START Listed entries

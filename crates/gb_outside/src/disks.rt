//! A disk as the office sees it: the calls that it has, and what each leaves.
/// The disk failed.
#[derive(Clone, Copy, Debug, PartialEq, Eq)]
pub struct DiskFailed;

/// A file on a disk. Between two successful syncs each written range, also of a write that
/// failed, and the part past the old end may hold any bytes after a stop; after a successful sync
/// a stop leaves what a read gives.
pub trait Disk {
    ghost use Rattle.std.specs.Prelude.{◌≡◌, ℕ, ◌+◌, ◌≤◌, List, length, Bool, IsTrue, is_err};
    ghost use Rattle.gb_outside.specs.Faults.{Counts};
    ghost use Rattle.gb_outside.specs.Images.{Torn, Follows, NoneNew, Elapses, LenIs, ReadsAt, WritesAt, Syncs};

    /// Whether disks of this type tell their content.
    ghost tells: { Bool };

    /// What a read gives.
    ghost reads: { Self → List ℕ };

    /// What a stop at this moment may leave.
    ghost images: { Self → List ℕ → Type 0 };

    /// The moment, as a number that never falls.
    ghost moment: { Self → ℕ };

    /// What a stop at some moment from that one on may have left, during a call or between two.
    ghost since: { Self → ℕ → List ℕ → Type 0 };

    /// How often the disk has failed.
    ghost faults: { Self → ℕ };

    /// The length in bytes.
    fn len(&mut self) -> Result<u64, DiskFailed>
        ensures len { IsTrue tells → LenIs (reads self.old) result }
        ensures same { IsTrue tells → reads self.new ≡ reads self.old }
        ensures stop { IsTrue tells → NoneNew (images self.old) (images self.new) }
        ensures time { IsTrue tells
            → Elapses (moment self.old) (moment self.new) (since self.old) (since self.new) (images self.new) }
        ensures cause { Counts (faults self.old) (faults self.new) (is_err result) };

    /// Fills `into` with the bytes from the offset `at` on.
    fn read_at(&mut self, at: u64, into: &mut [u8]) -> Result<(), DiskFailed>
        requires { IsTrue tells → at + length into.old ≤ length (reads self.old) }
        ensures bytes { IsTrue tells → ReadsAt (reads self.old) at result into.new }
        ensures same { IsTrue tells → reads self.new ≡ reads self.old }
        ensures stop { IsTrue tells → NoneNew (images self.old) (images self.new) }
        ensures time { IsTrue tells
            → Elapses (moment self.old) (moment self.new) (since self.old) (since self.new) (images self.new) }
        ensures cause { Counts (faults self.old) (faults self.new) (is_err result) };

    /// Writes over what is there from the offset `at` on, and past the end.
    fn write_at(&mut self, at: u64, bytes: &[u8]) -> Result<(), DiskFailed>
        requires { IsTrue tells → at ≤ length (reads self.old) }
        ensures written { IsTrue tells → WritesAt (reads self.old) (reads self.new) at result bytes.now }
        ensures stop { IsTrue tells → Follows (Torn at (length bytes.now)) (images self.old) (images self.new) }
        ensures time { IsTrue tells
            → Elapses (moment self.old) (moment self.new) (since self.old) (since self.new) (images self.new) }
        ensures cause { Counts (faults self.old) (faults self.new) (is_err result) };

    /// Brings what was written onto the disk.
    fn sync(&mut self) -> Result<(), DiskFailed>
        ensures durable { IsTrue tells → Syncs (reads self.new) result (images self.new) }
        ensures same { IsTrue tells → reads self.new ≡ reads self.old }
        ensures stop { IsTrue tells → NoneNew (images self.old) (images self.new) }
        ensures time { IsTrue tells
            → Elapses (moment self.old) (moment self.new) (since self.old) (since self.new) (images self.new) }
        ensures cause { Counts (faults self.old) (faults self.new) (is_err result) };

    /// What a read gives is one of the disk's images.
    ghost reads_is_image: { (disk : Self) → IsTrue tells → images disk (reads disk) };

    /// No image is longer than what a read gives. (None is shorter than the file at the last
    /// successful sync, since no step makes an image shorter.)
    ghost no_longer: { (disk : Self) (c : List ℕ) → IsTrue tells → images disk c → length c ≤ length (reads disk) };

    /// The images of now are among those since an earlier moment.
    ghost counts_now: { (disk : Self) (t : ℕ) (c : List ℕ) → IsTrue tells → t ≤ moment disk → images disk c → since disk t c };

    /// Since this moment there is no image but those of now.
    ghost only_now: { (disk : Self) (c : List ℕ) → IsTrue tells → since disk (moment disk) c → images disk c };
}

END Listed entries

Within the entries, find all lines holding "Torn" and copy each one.

Solution:
    ghost use Rattle.gb_outside.specs.Images.{Torn, Follows, NoneNew, Elapses, LenIs, ReadsAt, WritesAt, Syncs};
        ensures stop { IsTrue tells → Follows (Torn at (length bytes.now)) (images self.old) (images self.new) }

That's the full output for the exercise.